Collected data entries
# # # #

//! The answer of `check`.
ghost use Rattle.std.specs.Prelude.{◌≡◌, ◌++◌, IfOk, OnOk, map, string_bytes};
ghost use Rattle.interval_analysis.specs.Answers.{named_range};
ghost use Rattle.pap_types.specs.Meaning.{bound_of};
ghost use Rattle.pap_plan.specs.Plans.{flowchart, meaning};
ghost use Rattle.plan_answers.specs.Lines.{bound_line, range_line, range_lines};
ghost use Rattle.plan_answers.specs.Refusals.{HasItsPlan};
ghost use Rattle.plan_answers.specs.Answers.{acceptance, IsRefusal, CheckAnswers};
ghost use Rattle.plan_answers.specs.Replies.{reply_of};

use crate::refusals::refusal_detail;
use crate::reply::{Reply, refusal};
use interval_analysis::OutputRange;
use pap_plan::{Plan, PlanRefusal, accept};
use scaled_decimal::Dec;
use std::alloc::{AllocError, Global};

/// The answer of `check` on the bytes of a plan and of a range file.
pub fn check_reply(alloc: Global, plan: &[u8], limits: &[u8]) -> Result<Reply, AllocError>
    ensures { IfOk result (λ reply. CheckAnswers plan.now limits.now (reply_of reply)) }
{
    match accept(alloc, plan, limits) {
        Ok(plan) => acceptance(alloc, &plan),
        Err(PlanRefusal::Memory) => Err(AllocError),
        Err(fault) => refused(alloc, plan, &fault),
    }
}

/// The refusal of this plan and its range file. Where it names a node, the plan's text is read.
pub fn refused(alloc: Global, plan: &[u8], fault: &PlanRefusal) -> Result<Reply, AllocError>
    requires { HasItsPlan plan.now fault.now }
    ensures { IfOk result (λ reply. IsRefusal plan.now fault.now (reply_of reply)) }
{
    let detail = refusal_detail(alloc, plan, fault)?;
    refusal(alloc, &detail)
}

/// The answer on an accepted plan.
fn acceptance(alloc: Global, plan: &Plan) -> Result<Reply, AllocError>
    ensures { IfOk result (λ reply. reply_of reply ≡ acceptance (meaning plan.now)) }
{
    Ok(Reply {
        text: accepted_text(alloc, plan)?,
        refused: false,
        steps: 0,
    })
}

/// The bound of an accepted plan, and the ranges of its outputs.
pub fn accepted_text(alloc: Global, plan: &Plan) -> Result<Vec<u8>, AllocError>
    ensures { IfOk result (λ text. text.items ≡ (acceptance (meaning plan.now)).text) }
{
    let mut text = bound_line(alloc, plan)?.into_bytes();
    write_ranges(alloc, plan.outputs(), &mut text)?;
    Ok(text)
}

/// The line of an accepted plan's bound.
pub fn bound_line(alloc: Global, plan: &Plan) -> Result<String, AllocError>
    ensures { IfOk result
        (λ line. string_bytes line ≡ bound_line (bound_of (flowchart plan.now))) }
{
    let bound = plan.bound();
    format!(in alloc; "accepted steps {bound}\n")
}

/// Appends a line for each output.
fn write_ranges(
    alloc: Global,
    outputs: &[OutputRange],
    text: &mut Vec<u8>,
) -> Result<(), AllocError>
    ensures { OnOk result
        (text.new.items ≡ text.old.items ++ range_lines (map named_range outputs.now)) }
{
    for output in outputs {
        let line = range_line(alloc, output)?;
        text.extend_from_slice(line.as_bytes())?;
    }
    Ok(())
}

/// The line of an output: its name, the ends of its range, and the least and the greatest scale.
fn range_line(alloc: Global, output: &OutputRange) -> Result<String, AllocError>
    ensures { IfOk result (λ line. string_bytes line ≡ range_line (named_range output.now)) }
{
    let name = output.name;
    let range = output.range;
    let low = Dec::new(range.lo(), range.s_hi());
    let high = Dec::new(range.hi(), range.s_hi());
    let least = range.s_lo();
    let greatest = range.s_hi();
    format!(in alloc; "{name} {low} {high} {least} {greatest}\n")
}
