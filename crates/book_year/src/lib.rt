//! One employee's calendar year of pay runs: what each came to, kept so that an edit runs only the runs whose job is new.
//!
//! A run's job is the two texts of its plan and its inputs. The runs of a year are one chain, since a run may read the
//! outputs of earlier ones: they are computed anew in order of day, and a run whose job is the old one of its day keeps
//! its outputs.
//!
//! An edit fills from the first changed day on; what earlier runs came to is kept. Where no flowchart from there on
//! carries an input over, no outputs are copied for later runs to read.
#![tactic(auto)]

mod chain;
mod done;
mod outcome;
mod picks;
mod records;
mod year;

pub use chain::{Old, Recalculated, recalculate};
pub use outcome::{Outcome, State, Work};
pub use picks::{Edit, Picked, Picks};
pub use records::{place_run, put_in_room, put_reference, references, runs_before};
pub use year::{Year, YearKey, year_laws};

# # # #

Where a line in the records above includes the string "OnOk", show it.

ghost use Rattle.std.specs.Prelude.{◌≡◌, ◌++◌, IfOk, OnOk, map, string_bytes};
    ensures { OnOk result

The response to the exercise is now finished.